With the increasing advocacy for total disc replacement (TDR) as a potential alternative to fusion in the management of lumbar degenerative disc disease, intradiscal pressures (IDPs) and facet joint stresses at the adjacent levels of spine have generated considerable interest. The purpose of this study was to compare adjacent-level IDPs and facet joint stresses among TDR, discectomy, and fusion.

Methods

Ten fresh human cadaveric lumbar specimens (L2–S1) were subjected to an unconstrained load in axial torsion, lateral bending, flexion, and extension by using multidirectional flexibility test. Four surgical treatment modes—control (disc intact), discectomy, TDR, and fusion—were tested in sequential order at L4–5. During testing, the IDPs and facet forces following each treatment were calculated at the adjacent vertebral levels (L3–4 and L5–S1).

Results

Intradiscal pressures and facet force pressures were similar between the intact condition and the TDR reconstruction at the L3–4 and L5–S1 levels under all loading conditions (p > 0.05).
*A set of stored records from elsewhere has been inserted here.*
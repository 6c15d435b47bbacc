//! What was found so far, and the names in force.

use elab_attempts::Scopes;
use nm_base::Pos;

/// The places that were found, in the order of the text, and the names in force behind them.
#[derive(Drop)]
pub(crate) struct Search {
    pub(crate) found: Vec<Pos>,
    pub(crate) scopes: Scopes,
}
Compared with the intact and TDR groups, the discectomy and fusion groups had higher IDPs at the L3–4 and L5–S1 levels under all loading conditions (p < 0.05). No significant difference in the facet force pressure was noted among the intact, discectomy, and TDR groups at the L3–4 and L5–S1 levels under any loading conditions (p > 0.05). However, the facet force pressure produced for fusion was significantly higher than the mean values obtained for the intact, discectomy, and TDR groups at the L3–4 and L5–S1 levels under all loading conditions (p < 0.05).

Conclusions

Lumbar TDR maintained adjacent-level IDPs and facet force pressures near the values for intact spines, whereas adjacent-level IDPs tended to increase after discectomy or fusion and facet forces tended to increase after fusion.